Multi-turn encoders utilize either an input shaft or the increasingly popular hollow shaft construction. When input shaft encoders are connected to another shaft, they are impossible to perfectly align. Therefore, a flexible coupling must be used to connect both shafts, or bearing overload may occur. Hollow shaft encoders allow the mating shaft to pass through them, locking to shafts with a collet-style mechanism.
A tether mechanism holds the encoder to the machine base and provides two functions. First, the encoder’s body is prevented from rotating. Second, any axial and radial misalignments between the shaft and encoder are absorbed in the tether, minimizing any overloading forces to the bearings. Hollow shaft encoders are typically self-aligning and offer a lower overall profile once installed, compared to a shaft encoder that requires a standoff flange. Reduced installation time — with no need for a coupling — and a lower profile are just some of the benefits from hollow shaft encoders.
Absolute multi-turn encoders often use optical recognition technology, which is the preferred method of sensing by many manufacturers, as it is virtually impervious to magnetic fields. These encoders are ideal candidates for use on gear motors utilizing brakes. While in the past, brakes wreaked havoc on many absolute multi-turn encoders, today’s advanced technology has made encoders more successful in these applications.
With 17 bits per turn and 12 bits of turn data, a multi-turn encoder can deliver a total data word of 29 bits. Transmitting this in parallel fashion would require 29 wires, which is a costly and time-consuming process. This is the reason why all multi-turn encoders today utilize serial transmission, which is typically carried out over two or four wires. Some popular methods are SSI, PROFIBUS, DeviceNet and CANopen. These serial types of transmission can achieve speeds up to 10MHz, providing nearly real-time position updates.

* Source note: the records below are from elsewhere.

//! Tests of what a store says of itself: arguments, formats and config files.
#![tactic(auto)]

#[cfg(test)]
mod config_tests;
#[cfg(test)]
mod open_tests;
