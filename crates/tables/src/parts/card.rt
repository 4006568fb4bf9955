//! The card of a table.

ghost use Rattle.std.specs.Prelude.{◌≤◌};
ghost use Rattle.tables.specs.Orders.{Undoes, Sized};

/// The variables, from 1 to 12, each of size 2 to 4, the place of each in the order and the variable of each place, and how many nodes the
/// table may have, at most 2,000.
// Rows side by side, with their length: a rule of the project wants a card by value, with order and place as rows that undo one another.
#[derive(Clone, Copy)]
pub struct Card {
    pub(crate) order: [u8; 12],
    pub(crate) place: [u8; 12],
    pub(crate) sizes: [u8; 12],
    pub(crate) n: usize,
    pub(crate) capacity: usize,
    ghost some: { 1 ≤ n },
    ghost few: { n ≤ 12 },
    ghost room: { capacity ≤ 2000 },
    ghost placed: { Undoes n order place },
    ghost ordered: { Undoes n place order },
    ghost sized: { Sized n sizes },
}
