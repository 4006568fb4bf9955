//! The record of a node.

use crate::parts::key::Key;
use crate::parts::link::Link;

/// A node, in its chain.
#[derive(Clone, Copy)]
pub(crate) struct Node {
    pub(crate) key: Key,
    pub(crate) next: Link,
}
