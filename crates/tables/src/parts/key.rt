//! What a node is known by.

ghost use Rattle.std.specs.Prelude.{◌≡◌, ◌<◌};
ghost use Rattle.tables.specs.Records.{hash_of};

use crate::parts::edge::Edge;

/// A variable, and an edge for each value of it. The edges beyond are edge 0, so that equal nodes have equal keys.
// An array, though a variable may have fewer values: records are of one length, in memory that is reserved when the table is opened.
#[derive(Clone, Copy, PartialEq, Eq)]
pub(crate) struct Key {
    pub(crate) variable: u8,
    pub(crate) edges: [Edge; 4],
}

impl Key {
    // Written out: the definition of the chain is this formula.
    /// Its chain: the middle bits of a sum of products with odd numbers of 26 bits, so that each bit of a word can move each bit.
    pub(crate) fn hash(self) -> usize
        ensures value { result ≡ hash_of self }
        ensures bound { result < 1024 }
    {
        let a = self.edges[0].word as u64 * 52711627 + self.edges[1].word as u64 * 36174071;
        let b = self.edges[2].word as u64 * 61845893 + self.edges[3].word as u64 * 45019357;
        ((self.variable as u64 * 40503459 + (a + b)) / 65536 % 1024) as usize
    }
}
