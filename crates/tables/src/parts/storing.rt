//! A store is opened, read, added to and cut.

ghost use Rattle.std.specs.Prelude.{◌≡◌, ◌-◌, ◌<◌, ◌≤◌, [], ◌∷◌, ◌++◌, length, take, IfOk, slice_index_or};
ghost use Rattle.tables.specs.Records.{at, none, hash_of};
ghost use Rattle.tables.specs.Stores.{items, Opened};

use crate::parts::key::Key;
use crate::parts::link::Link;
use crate::parts::node::Node;
use crate::parts::store::Store;
use std::alloc::{AllocError, Global};

impl Store {
    pub(crate) fn open(heap: Global, limit: usize) -> Result<Store, AllocError>
        ensures { IfOk result (λ s. Opened limit s) }
    {
        let nodes = Vec::with_capacity(heap, limit)?;
        let heads = [Link::NONE; 1024];
        Ok(Store {
            nodes,
            heads,
            limit,
        })
    }

    pub(crate) fn len(&self) -> usize
        ensures { result ≡ length (items self.now) }
    {
        self.nodes.len()
    }

    pub(crate) fn read(&self, i: usize) -> Node
        requires { i < length (items self.now) }
        ensures { result ≡ at (items self.now) i }
    {
        self.nodes[i]
    }

    /// The key of a record.
    pub(crate) fn key(&self, i: usize) -> &Key
        requires { i < length (items self.now) }
        ensures { result.now ≡ (at (items self.now) i).key }
    {
        &self.nodes[i].key
    }

    /// One record more, at the head of its chain.
    pub(crate) fn push(&mut self, key: Key)
        requires room { length (items self.old) < self.old.limit }
        requires small { self.old.limit ≤ 2000 }
        ensures limit { self.new.limit ≡ self.old.limit }
        ensures items { items self.new ≡ items self.old ++ record { key = key; next = slice_index_or self.old.heads (hash_of key) none } ∷ [] }
    {
        let h = key.hash();
        let next = self.heads[h];
        self.heads[h] = Link::new(self.nodes.len());
        self.nodes.push_reserved(Node { key, next });
    }

    // Read and cut off: `Vec::pop` would leave a case that cannot be.
    /// The last record, taken back.
    fn pop(&mut self)
        requires { 0 < length (items self.old) }
        ensures limit { self.new.limit ≡ self.old.limit }
        ensures items { items self.new ≡ take (length (items self.old) - 1) (items self.old) }
    {
        let r = self.nodes.len() - 1;
        let node = self.read(r);
        let h = node.key.hash();
        self.heads[h] = node.next;
        self.nodes.truncate(r);
    }

    /// The records from the end, taken back to a length.
    pub(crate) fn cut(&mut self, len: usize)
        requires { len ≤ length (items self.old) }
        ensures limit { self.new.limit ≡ self.old.limit }
        ensures items { items self.new ≡ take len (items self.old) }
    {
        // A range would count numbers that are not used.
        while self.len() > len {
            self.pop();
        }
    }
}
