//! The store of a table.

ghost use Rattle.std.specs.Prelude.{◌≡◌, ◌≤◌, length, vec_len, vec_capacity, vec_items};
ghost use Rattle.tables.specs.Chains.{Chained};
ghost use Rattle.tables.specs.Unique.{Chained-prop};

use crate::parts::link::Link;
use crate::parts::node::Node;

/// The records of the nodes, in memory that is reserved when the table is opened, and the heads of the chains by which they are found.
// Records named by number, and no boxes: a rule of the project wants them in a plain store, and a node's number is part of its edge's.
// A limit beside the Vec, which may have more room: by it the store's own invariant says how many records there may be, and each method that
// it stays.
#[derive(Drop)]
pub(crate) struct Store {
    pub(crate) nodes: Vec<Node>,
    pub(crate) heads: [Link; 1024],
    pub(crate) limit: usize,
    ghost within: { vec_len nodes ≤ limit },
    ghost wide: { length heads ≡ 1024 },
    ghost room: { limit ≤ vec_capacity nodes },
    ghost chained: { Chained (vec_items nodes) heads } by { Chained-prop (vec_items nodes) heads },
}
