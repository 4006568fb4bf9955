//! A link of a chain.

ghost use Rattle.std.specs.Prelude.{◌≡◌, ◌+◌, ◌<◌};
ghost use Rattle.tables.specs.Records.{LeadsTo};

/// The next record of a chain, or none. A link never leaves the store.
#[derive(Clone, Copy)]
pub(crate) struct Link {
    // 0 is none, 1 + r is record r, read and made in this file alone: an Option would read no plainer, and make a node of 12 bytes one of 14.
    to: u16,
}

impl Link {
    /// The link to no record.
    pub(crate) const NONE: Link = Link { to: 0 };

    /// The link to a record.
    pub(crate) fn new(r: usize) -> Link
        requires { r < 65535 }
        ensures { result.to ≡ r + 1 }
    {
        Link { to: (r + 1) as u16 }
    }

    /// Its record.
    pub(crate) fn record(self) -> Option<usize>
        ensures { LeadsTo self result }
    {
        self.to.checked_sub(1).map(usize::from)
    }
}
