//! The diagrams of a table, whatever its labelling.

ghost use Rattle.std.specs.Prelude.{◌≡◌};
ghost use Rattle.mvl.specs.Charts.{chart_meaning};
ghost use Rattle.tables.specs.Cards.{shape_of, capacity_of};
ghost use Rattle.tables.specs.Stores.{items, limit_of};
ghost use Rattle.tables.specs.Sounds.{Sound};

use crate::parts::card::Card;
use crate::parts::store::Store;
use mvl::chart::Chart;

/// A chart, a card and a store that belong together.
#[derive(Drop)]
pub(crate) struct Diagrams {
    pub(crate) chart: Chart,
    pub(crate) card: Card,
    pub(crate) store: Store,
    ghost room: { limit_of store ≡ capacity_of card },
    ghost sound: { ∥ Sound (chart_meaning chart) (shape_of card) (items store) ∥₁ },
}
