//! A card is made and filled.

ghost use Rattle.std.specs.Prelude.{◌<◌, [], ◌∷◌};
ghost use Rattle.tables.specs.Cards.{FilledWith, FillsCard};

use crate::parts::card::Card;
use mvl::refusal::Refusal;

impl Card {
    /// One variable of size 2, and no node.
    pub fn new() -> Card
        ensures { FilledWith (2 ∷ []) 0 result }
    {
        Card {
            order: [0; 12],
            place: [0; 12],
            sizes: [2; 12],
            n: 1,
            capacity: 0,
        }
    }

    /// Variable x gets size `sizes[x]` and place x. Refused with 2, with nothing changed: other than 1 to 12 sizes, a size that is not 2 to 4,
    /// a capacity above 2,000.
    pub fn fill(&mut self, sizes: &[u8], capacity: usize) -> Result<(), Refusal>
        ensures { FillsCard self.old sizes.now capacity result self.new }
    {
        let n = sizes.len();
        if n < 1 || n > 12 || capacity > 2000 {
            return Err(Refusal::BadCard);
        }
        if !sizes.iter().all(|size| (2..=4).contains(size)) {
            return Err(Refusal::BadCard);
        }
        let mut own = [0u8; 12];
        own[..n].copy_from_slice(sizes);
        // Both rows written out, so that the check reads off that they undo one another.
        *self = Card {
            order: [0, 1, 2, 3, 4, 5, 6, 7, 8, 9, 10, 11],
            place: [0, 1, 2, 3, 4, 5, 6, 7, 8, 9, 10, 11],
            sizes: own,
            n,
            capacity,
        };
        Ok(())
    }
}
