//! What an edge leads to, and the number that stands for it in an edge.

ghost use Rattle.std.specs.Prelude.{◌≡◌, ◌<◌};
ghost use Rattle.tables.specs.Edges.{goal, target_of, Numbered};

/// A value, or a node.
// An enum has no ghost field: the functions that code it say and ask that it has a number (`Numbered`).
#[derive(Clone, Copy)]
pub(crate) enum Target {
    Terminal(u8),
    Node(usize),
}

impl Target {
    /// The target of a number.
    pub(crate) fn of(number: u16) -> Target
        requires { number < 16384 }
        ensures value { target_of result ≡ goal number }
        ensures bound { Numbered result }
    {
        if number < 4 {
            Target::Terminal(number as u8)
        } else {
            Target::Node((number - 4) as usize)
        }
    }

    /// Its number.
    pub(crate) fn number(self) -> u16
        requires { Numbered self }
        ensures value { goal result ≡ target_of self }
        ensures bound { result < 16384 }
    {
        match self {
            Target::Terminal(v) => v as u16,
            Target::Node(r) => (r + 4) as u16,
        }
    }
}
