//! An edge, as one number.

ghost use Rattle.std.specs.Prelude.{◌≡◌, ◌/◌, ◌<◌};
ghost use Rattle.tables.specs.Edges.{arrow, target_of, Numbered};
ghost use Rattle.diagrams.specs.Diagram.{edge_to};

use crate::parts::target::Target;

/// 16,384 times the label, and the target: 0 to 3 are the terminals, 4 + r is node r. Any number makes an edge: whether it is one of a
/// table, each call tests.
#[derive(Clone, Copy, Debug, PartialEq, Eq)]
pub struct Edge {
    pub(crate) word: u16,
}

// Functions with names, as callers know them: a `From` beside each would say the same again.
impl Edge {
    /// Edge 0: what a variable's size leaves unused.
    pub(crate) const UNUSED: Edge = Edge { word: 0 };

    /// The edge of a number.
    pub fn new(number: u16) -> Edge
        ensures { result ≡ record { word = number } }
    {
        Edge { word: number }
    }

    /// The number of an edge.
    pub fn number(self) -> u16
        ensures { result ≡ self.word }
    {
        self.word
    }

    /// The edge of a label to a target.
    pub(crate) fn to(label: u8, target: Target) -> Edge
        requires label { label < 4 }
        requires target { Numbered target }
        ensures { arrow result ≡ edge_to label (target_of target) }
    {
        Edge {
            word: label as u16 * 16384 + target.number(),
        }
    }

    pub(crate) fn label(self) -> u8
        ensures value { result ≡ self.word / 16384 }
        ensures bound { result < 4 }
    {
        (self.number() / 16384) as u8
    }

    pub(crate) fn target(self) -> Target
        ensures value { target_of result ≡ (arrow self).target }
        ensures bound { Numbered result }
    {
        Target::of(self.number() % 16384)
    }
}
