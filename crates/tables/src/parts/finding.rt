//! A node is looked up in its chain.

ghost use Rattle.std.specs.Prelude.{◌<◌};
ghost use Rattle.tables.specs.Stores.{items};
ghost use Rattle.tables.specs.Finds.{Finds};

use crate::parts::key::Key;
use crate::parts::store::Store;

impl Store {
    /// The number of the node of this key.
    pub(crate) fn find(&self, key: Key) -> Option<usize>
        ensures { Finds (items self.now) key result }
    {
        // A loop: a chain has no length beforehand.
        let mut link = self.heads[key.hash()];
        while let Some(r) = link.record() {
            let node = self.read(r);
            if node.key == key {
                return Some(r);
            }
            link = node.next;
        }
        None
    }
}
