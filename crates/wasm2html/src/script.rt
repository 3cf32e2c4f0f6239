//! The script of the page, which renders the data. The file `stdout` of the crate contains the same text.

/// The script, which is the last element of the page. It uses no library.
pub const SCRIPT: &str = r##"<script>
"use strict";
// The page's data is inert text: one element for each function, and one for each run of other fields. A line of data
// is its byte offset in hexadecimal (or nothing), a space and its text. In the text, the characters U+0001 to U+0006
// change the style until the next of them, and `%` with a character represents the character 64 places before it.
// Text of the module becomes part of the page only as the content of text nodes and the value of `title`.

/** The CSS class of each style, by its control character. U+0006 chooses none. */
const STYLES = ["", "literal", "name", "keyword", "type", "comment", ""];
const CONTROLS = /([\u0001-\u0006])/;
const ALL_CONTROLS = /[\u0001-\u0006]/g;

/** The number of rows that are rendered together. */
const ROWS_OF_CHUNK = 100;

/** The number of characters of a line that are shown at first. */
const LINE_LIMIT = 4000;

/** The number of characters at the start of a line in which the item that it defines is looked for. */
const HEAD_LIMIT = 20000;

const byId = (id) => document.getElementById(id);

/** Returns a new element with this class and content. Strings become text nodes. */
function make(tag, className, ...content) {
  const element = document.createElement(tag);
  if (className) element.className = className;
  element.append(...content);
  return element;
}

/** Returns the text that this encoded text represents. */
function decode(text) {
  return text.replace(/%(.)/g, (_, character) => String.fromCharCode(character.charCodeAt(0) - 64));
}

/** Returns the text of encoded lines, without styles. */
function plain(text) {
  return decode(text.replace(ALL_CONTROLS, ""));
}

/** A function, or a run of other fields. */
class Part {
  constructor(element) {
    this.element = element;
    this.isFunction = element.className === "function";
    this.start = parseInt(this.offset(0), 16);
  }
  /** The lines, each after a line feed, and a last line feed. */
  get data() {
    return this.element.textContent;
  }
  get lines() {
    return (this.cachedLines ??= this.data.slice(1, -1).split("\n"));
  }
  get lineCount() {
    return (this.cachedCount ??= countOf("\n", this.data) - 1);
  }
  /** Returns a line with its offset. The first line is found without splitting the text. */
  line(number) {
    if (number > 0 || this.cachedLines) return this.lines[number];
    const data = this.data;
    return data.slice(1, data.indexOf("\n", 1));
  }
  /** Returns the offset of a line in hexadecimal, or an empty string. */
  offset(number) {
    const line = this.line(number);
    return line.slice(0, line.indexOf(" "));
  }
  /** Returns the encoded text of a line. */
  text(number) {
    const line = this.line(number);
    return line.slice(line.indexOf(" ") + 1);
  }
}

/** Returns how often a character occurs in a text. */
function countOf(character, text) {
  let count = 0;
  for (let at = text.indexOf(character); at >= 0; at = text.indexOf(character, at + 1)) count++;
  return count;
}

// ---- The items of the module ----

const parts = [...document.querySelectorAll("script.function, script.fields")].map((element) => new Part(element));

/** Items by anchor, such as `func3`. An item is `{ kind, index, id, name, part, line }`. */
const items = new Map();

/** Indices of items by kind and identifier, such as `func $main`. */
const indices = new Map();

/** The entries of the contents, by title. An entry is `{ index, name, key, anchor, note }`; `key` is searched. */
const groups = new Map();

const QUOTED = String.raw`"(?:[^"\\]|\\.)*"`;

/** The start of a line that defines an item: kind, identifier, quoted name and index. */
const DEFINITION = new RegExp(
  String.raw`^ *\((?:import ${QUOTED} ${QUOTED} \()?(func|type|table|memory|tag|global|elem|data) ` +
    String.raw`(?:(\$(?:${QUOTED}|[^\s()"]+)) )?(?:\(@name (${QUOTED})\) )?\(;(\d+);\)`,
);

/** The identifiers and the quoted strings of a text. */
const NAMES = new RegExp(String.raw`\$?${QUOTED}|\$[^\s()"]+`, "g");

/** The start of a field, or of a type in a group: its first word. */
const FIELD = /^ {2}\((@?[^\s()]+) ?|^ {4}\((type) /;
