//! The line on the layout of a dump.
ghost use Rattle.flashbase.specs.Sinks.{PutsTo};
ghost use Rattle.std.specs.Prelude.{◌≡◌};
ghost use Rattle.jspare.specs.Showing.{spare_line, spare_lines};

use crate::layout::PageLayout;
use flashbase::{DeviceFault, Sink};
use jline::{LineBuffer, put_text};

#[tactic(auto, unfolding(crate::specs::Showing::spare_line))]
fn write_spare(line: &mut LineBuffer, layout: PageLayout)
    ensures { line.new ≡ spare_line layout }
{
    line.clear();
    line.push_text(b"spare ");
    line.push_decimal(u64::from(layout.spare));
    line.push_text(b" after each ");
    line.push_decimal(u64::from(layout.page));
    line.push_text(b"\n");
}

/// Puts the line on a layout, as `spare 64 after each 2048`; nothing if there is none.
///
/// # Errors
/// The sink failed; a beginning of the line went out.
pub fn put_spare<T: Sink>(layout: Option<PageLayout>, sink: &mut T) -> Result<(), DeviceFault>
    ensures { PutsTo T.Sink sink.old sink.new (spare_lines layout) result }
{
    match layout {
        Some(layout) => {
            let mut line = LineBuffer::new();
            write_spare(&mut line, layout);
            put_text(sink, line.as_slice())
        }
        None => Ok(()),
    }
}
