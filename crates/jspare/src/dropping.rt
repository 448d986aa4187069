//! The image of a dump.

ghost use Rattle.std.specs.Prelude.{◌≡◌, ◌<◌};
ghost use Rattle.jspare.specs.Spare.{without_spare};

use crate::layout::PageLayout;

/// Drops the spare bytes of a dump: what is left is the image. It takes no memory, and time linear
/// in the bytes.
pub fn drop_spare(dump: &mut Vec<u8>, layout: PageLayout)
    requires { 0 < layout.page }
    ensures { dump.new.items ≡ without_spare layout dump.old.items }
{
    let page = layout.page as usize;
    let stride = page + layout.spare as usize;
    let pages = dump.len() / stride + 1;
    let mut kept = 0;
    for i in 0..pages {
        let from = i * stride;
        let count = page.min(dump.len() - from);
        dump.copy_within(from..from + count, kept);
        kept += count;
    }
    dump.truncate(kept);
}
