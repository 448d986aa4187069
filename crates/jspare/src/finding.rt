//! The layout of a dump of which nobody says it.

ghost use Rattle.std.specs.Prelude.{◌≡◌, ◌<◌, IfOk};
ghost use Rattle.jspare.specs.Finding.{IsSpareOf, sound_nodes, usual_layouts};
ghost use Rattle.jspare.specs.Spare.{without_spare};

use crate::dropping::drop_spare;
use crate::layout::{LAYOUTS, PageLayout};
use jinfo::info_of;
use jscan::GREATEST_IMAGE;
use std::alloc::{AllocError, Global};

/// How many sound entries and inode nodes an image has in its own byte order.
#[tactic(auto, unfolding(crate::specs::Finding::sound_nodes))]
fn sound_nodes(image: &[u8]) -> u128
    ensures { result ≡ sound_nodes image.now }
{
    if image.len() > GREATEST_IMAGE {
        return 0;
    }
    let nodes = info_of(image).census.nodes;
    u128::from(nodes.entries) + u128::from(nodes.inodes)
}

/// The same of the image that a dump has by a layout.
fn sound_without(alloc: Global, dump: &[u8], layout: PageLayout) -> Result<u128, AllocError>
    requires { 0 < layout.page }
    ensures { IfOk result (λ count. count ≡ sound_nodes (without_spare layout dump.now)) }
{
    let mut image = dump.to_vec(alloc)?;
    drop_spare(&mut image, layout);
    Ok(sound_nodes(&image))
}

/// The layout of a dump, of the usual ones: the one by which most of its nodes are sound. None, if
/// by none of them more are sound than without it. It takes the memory of the dump, and time linear
/// in its bytes.
pub fn spare_of(alloc: Global, dump: &[u8]) -> Result<Option<PageLayout>, AllocError>
    ensures { IfOk result (λ found. IsSpareOf usual_layouts dump.now found) }
{
    let mut best = None;
    let mut most = sound_nodes(dump);
    for layout in &LAYOUTS {
        let count = sound_without(alloc, dump, *layout)?;
        if most < count {
            best = Some(*layout);
            most = count;
        }
    }
    Ok(best)
}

Another benefit of the serial transmission is the ability to program the encoder online, including baud rate, end of line termination resistor, addressing, or setup with dip switches inside the encoder. Things like counting direction, home (or “0”) position, instantaneous velocity, acceleration/deceleration rate, position transmission update rate, and many more can be read or programmed to the encoder. With these new advancements and many more options, multi-turn encoders to be used in industrial automation applications where they were never used before.